The other thing is that I don't really want everything be the same as it has been when I'm back to normal. I know it is just my nature, but it seeems I have been always in a hurry, always multi-tasking and always working in one form or another. I feel so internally driven, and no matter what I do it is never good enough. If you know me, you know these are chronic tendencies I have had most of my adult life. With the nursing job and then my feet hurting all the time I just had to stop for a while. I was working the 3 days then exercising 3 days on my days off ( I want to stay fit at least for the health benefits and to keep from gaining more of that middle aged tummy but it was killing me to keep up)i've been feeling like I was trying to make bricks with no straw (that was Mike's analysis of the situation). I really wanted to be a nurse but there is so much pressure and stress involved working on a hospital floor
I have enjoyed not being under so much pressure the past few weeks. However,when I am home a lot, I often revert to thinking about decorating the house and about how I look. I don't believe these are bad in themselves if in moderation but I believe theswe areas can become almost OCDish for me.
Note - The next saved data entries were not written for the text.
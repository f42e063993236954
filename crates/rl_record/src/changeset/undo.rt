//! How a line goes back over what a record has, and ahead again.
ghost use Rattle.std.specs.Prelude.{◌≡◌, [], ◌∷◌, map, true, false, IsSome, Some, IfOk, IfErr, IfSome, OnOk, OnErr};
ghost use Rattle.rl_line.specs.Change.{entries_to_undo};
ghost use Rattle.rl_line.specs.Plan.{NeverRefuses};
ghost use Rattle.rl_line.specs.Entry.{entry_of, is_change};
ghost use Rattle.rl_record.specs.Undo.{Abandoned, GoesOver, OutOfRoom, Redone, StandsStill, Undone, unit_of, Reaches, count_over};
ghost use Rattle.rl_line.specs.Going.{LineOutOfRoom, line_ahead, line_back, line_over, listener_ahead, listener_back, listener_over, texts_ahead, texts_back, texts_over};
ghost use Rattle.rl_record.specs.Units.{IsMatched, last_of, level, open_group, redo_of};

use crate::changeset::Changeset;
use crate::units;
use rl_base::{ChangeListener, NoListener, Refusal, RepeatCount};
use rl_line::LineBuffer;
use rl_line::change::{Change, Way};

impl Changeset {
    /// Undoes the last `n` units, or one if `n` is 0, or all if there are fewer (GNU readline: undo). A
    /// unit is a change, a closed group, or the begin of an open one. Answers whether there was a change.
    /// The cursor goes back to where it was before the last change that is undone, or, if the record was not
    /// told that, to the place of that change, past what it puts back.
    /// `can_undo` tells whether all changes can be taken back from the line's text; `try_undo` asks that of these units
    /// itself. It finds all room first, so refused it changes nothing.
    pub fn undo(&mut self, line: &mut LineBuffer, n: RepeatCount) -> Result<bool, Refusal>
        requires { IsSome (line_back (last_of n self.old.recorded) line.old) }
        ensures done { IfOk result (λ answer. Undone n self.old self.new line.old line.new answer) }
        ensures unmoved { IfOk result (λ answer. answer ≡ false → StandsStill line.old line.new) }
        ensures err { IfErr result (OutOfRoom self.old self.new line.old line.new (texts_back (last_of n self.old.recorded) line.old.text)) }
    {
        self.undo_telling(line, n, &mut NoListener)
    }

    /// Undoes as `undo` does, and tells a listener that refuses nothing. It hears of each change that is taken back, the
    /// last first and right after it was: that what the change had put in gave way to what stood there before
    /// (`replace`), and where the cursor was and went (`cursors`). It hears nothing of the marks of groups, and nothing
    /// of a refused call.
    // Inlined, so that an undo that tells no one is one function.
    #[inline(always)]
    pub fn undo_telling<L: ChangeListener>(
        &mut self,
        line: &mut LineBuffer,
        n: RepeatCount,
        listener: &mut L,
    ) -> Result<bool, Refusal>
        requires follows { IsSome (line_back (last_of n self.old.recorded) line.old) }
        requires hears { NeverRefuses L.refused }
        ensures done { IfOk result (λ answer. Undone n self.old self.new line.old line.new answer) }
        ensures unmoved { IfOk result (λ answer. answer ≡ false → StandsStill line.old line.new) }
        ensures told { OnOk result (listener.new ≡ listener_back L.step line.old.cursor (last_of n self.old.recorded) listener.old) }
        ensures err { IfErr result (OutOfRoom self.old self.new line.old line.new (texts_back (last_of n self.old.recorded) line.old.text)) }
        ensures kept { OnErr result (listener.new ≡ listener.old) }
    {
        self.go_over(line, Way::Back, usize::from(n), listener)
    }

    /// Takes back the group that was opened last and is open, as if it had never been begun: its changes are undone, those
    /// of the groups inside too, and it is forgotten with its begin, so that nothing waits to be redone. Answers whether a
    /// group is open, and tells the listener, which refuses nothing, as `undo_telling` does. It finds all room first, so
    /// refused it changes nothing.
    pub fn abandon_telling<L: ChangeListener>(
        &mut self,
        line: &mut LineBuffer,
        listener: &mut L,
    ) -> Result<bool, Refusal>
        requires follows { IsSome (line_back (open_group self.old.recorded) line.old) }
        requires hears { NeverRefuses L.refused }
        ensures done { IfOk result (λ answer. Abandoned self.old self.new line.old line.new answer) }
        ensures told { OnOk result (listener.new ≡ listener_back L.step line.old.cursor (open_group self.old.recorded) listener.old) }
        ensures err { IfErr result (OutOfRoom self.old self.new line.old line.new (texts_back (open_group self.old.recorded) line.old.text)) }
        ensures kept { OnErr result (listener.new ≡ listener.old) }
    {
        if self.level == 0 {
            return Ok(false);
        }
        let size = units::open_size(self.recorded());
        self.go_over_units(line, Way::Back, size, listener)?;
        let kept = self.entries.len();
        self.truncate(kept);
        Ok(true)
    }

    /// Redoes what was undone: the next change, or the next group, or all that is left if its group was
    /// never closed. Answers whether there was a change. The cursor goes to where it went with the last change that
    /// is redone, or, if the record was not told that, to the place of that change, past what it puts in.
    /// `can_redo` tells whether all changes that were undone fit the line; `try_redo` asks that of these itself. It finds all
    /// room first, so refused it changes nothing.
    pub fn redo(&mut self, line: &mut LineBuffer) -> Result<bool, Refusal>
        requires { IsSome (line_ahead (redo_of self.old.pending) line.old) }
        ensures done { IfOk result (λ answer. Redone self.old self.new line.old line.new answer) }
        ensures unmoved { IfOk result (λ answer. answer ≡ false → StandsStill line.old line.new) }
        ensures err { IfErr result (OutOfRoom self.old self.new line.old line.new (texts_ahead (redo_of self.old.pending) line.old.text)) }
    {
        self.redo_telling(line, &mut NoListener)
    }

    /// Redoes as `redo` does, and tells a listener that refuses nothing. It hears of each change that is made again, the
    /// first first and right after it was: that what stood there gave way to what the change puts in (`replace`), and
    /// where the cursor was and went (`cursors`). It hears nothing of the marks of groups, and nothing of a refused call.
    // Inlined as well.
    #[inline(always)]
    pub fn redo_telling<L: ChangeListener>(
        &mut self,
        line: &mut LineBuffer,
        listener: &mut L,
    ) -> Result<bool, Refusal>
        requires follows { IsSome (line_ahead (redo_of self.old.pending) line.old) }
        requires hears { NeverRefuses L.refused }
        ensures done { IfOk result (λ answer. Redone self.old self.new line.old line.new answer) }
        ensures unmoved { IfOk result (λ answer. answer ≡ false → StandsStill line.old line.new) }
        ensures told { OnOk result (listener.new ≡ listener_ahead L.step line.old.cursor (redo_of self.old.pending) listener.old) }
        ensures err { IfErr result (OutOfRoom self.old self.new line.old line.new (texts_ahead (redo_of self.old.pending) line.old.text)) }
        ensures kept { OnErr result (listener.new ≡ listener.old) }
    {
        self.go_over(line, Way::Ahead, 1, listener)
    }

    // Undoes the last `n` units, or redoes the next one.
    #[inline(always)]
    fn go_over<L: ChangeListener>(
        &mut self,
        line: &mut LineBuffer,
        way: Way,
        n: usize,
        listener: &mut L,
    ) -> Result<bool, Refusal>
        requires follows { IsSome (line_over way (unit_of way n self.old) line.old) }
        requires hears { NeverRefuses L.refused }
        ensures done { IfOk result (GoesOver way n self.old self.new line.old line.new) }
        ensures unmoved { IfOk result (λ answer. answer ≡ false → StandsStill line.old line.new) }
        ensures told { OnOk result (listener.new ≡ listener_over L.step way line.old.cursor (unit_of way n self.old) listener.old) }
        ensures err { IfErr result (OutOfRoom self.old self.new line.old line.new (texts_over way (unit_of way n self.old) line.old.text)) }
        ensures kept { OnErr result (listener.new ≡ listener.old) }
    {
        if let Some(change) = self.alone(way, n) {
            line.go_over_one(change, way, listener)?;
            let len = self.entries.len();
            let recorded = count_over(way, len, 1);
            let changes = count_over(way, self.entries.changes(), 1);
            self.entries.cut(recorded, changes);
            return Ok(true);
        }
        self.go_over_units(line, way, n, listener)
    }

    // The same of any units. It stands apart, since mostly one change alone is undone.
    #[inline(never)]
    #[tactic(auto, using(crate::proofs::Records::LevelLemmas::moves_of_units))]
    pub(super) fn go_over_units<L: ChangeListener>(
        &mut self,
        line: &mut LineBuffer,
        way: Way,
        n: usize,
        listener: &mut L,
    ) -> Result<bool, Refusal>
        requires follows { IsSome (line_over way (unit_of way n self.old) line.old) }
        requires hears { NeverRefuses L.refused }
        ensures done { IfOk result (GoesOver way n self.old self.new line.old line.new) }
        ensures unmoved { IfOk result (λ answer. answer ≡ false → StandsStill line.old line.new) }
        ensures told { OnOk result (listener.new ≡ listener_over L.step way line.old.cursor (unit_of way n self.old) listener.old) }
        ensures err { IfErr result (OutOfRoom self.old self.new line.old line.new (texts_over way (unit_of way n self.old) line.old.text)) }
        ensures kept { OnErr result (listener.new ≡ listener.old) }
    {
        let unit = self.unit(way, n);
        go_over_all(line, unit, way, listener)?;
        let (opened, changed) = units::level_and_changes(unit);
        let recorded = count_over(way, self.entries.len(), unit.len());
        let changes = count_over(way, self.entries.changes(), changed);
        self.entries.cut(recorded, changes);
        self.level = count_over(way, self.level, opened);
        Ok(changed > 0)
    }

    // The units that an undo of `n` goes over, or the one that a redo does.
    #[inline(always)]
    pub(super) fn unit(&self, way: Way, n: usize) -> &[Change]
        ensures entries { map entry_of result.now ≡ unit_of way n self.now }
        ensures matched { IsMatched (map entry_of result.now) }
    {
        match way {
            Way::Back => units::last_units(self.recorded(), n),
            Way::Ahead => units::next_unit(self.pending()),
        }
    }

    // These units, if they are one change alone.
    #[inline(always)]
    pub(super) fn alone(&self, way: Way, n: usize) -> Option<&Change>
        ensures { IfSome result (λ change. (is_change (entry_of change.now) ≡ true) × (unit_of way n self.now ≡ entry_of change.now ∷ [])) }
    {
        match way {
            Way::Back => units::last_alone(self.recorded(), n),
            Way::Ahead => units::next_alone(self.pending()),
        }
    }
}

/// What a number comes to once a line went over `count` of what it counts.
#[inline(always)]
pub(super) fn count_over(way: Way, number: usize, count: usize) -> usize
    requires { Reaches way number count }
    ensures { result ≡ count_over way number count }
{
    match way {
        Way::Back => number - count,
        Way::Ahead => number + count,
    }
}

// Goes over the changes in the line. Each way is a call of its own, in which it is known at compile time.
fn go_over_all<L: ChangeListener>(
    line: &mut LineBuffer,
    changes: &[Change],
    way: Way,
    listener: &mut L,
) -> Result<(), Refusal>
    requires follows { IsSome (line_back (entries_to_undo way changes.now) line.old) }
    requires hears { NeverRefuses L.refused }
    ensures ok { OnOk result (line_back (entries_to_undo way changes.now) line.old ≡ Some line.new) }
    ensures told { OnOk result (listener.new ≡ listener_back L.step line.old.cursor (entries_to_undo way changes.now) listener.old) }
    ensures err { IfErr result (LineOutOfRoom line.old line.new (texts_back (entries_to_undo way changes.now) line.old.text)) }
    ensures kept { OnErr result (listener.new ≡ listener.old) }
{
    match way {
        Way::Back => line.go_over_all(changes, Way::Back, listener),
        Way::Ahead => line.go_over_all(changes, Way::Ahead, listener),
    }
}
I get fixated on some thing and I almost have to get it finished or figured out before I can stop either doing something about it( even if my foot is killing me) or thinking about it. And aboutmy looks, I start the day feeling OK about myself but then if I go to a store and look in a mirror I hate what I see.
It happened today. What am I supposed to be to be good enough? people tell me I'm cute and small but I feel so dumpy and stupid for not being able to look better. Where are Stacy and Clinton when you need them?
.
You might think I haven't been seeing enough people but actually I've been seeing lots of people I haven't been able to when working. Actually, many parts of being laid low have been just what I needed. I just need to figure out how to do things differently when it all cranks up again. It has just been 2 frustrating days. I do better with structured time so working is good for me on that note.
These felings I've had make me think of the people who have been my patients with very serious injuries and how they must feel at times. also i have found out the percocet is better than vicodin for paon! Maybe I will be a better nurse when i do go back.

So there's my junk, I feel better now. Thank God we have a savior!!.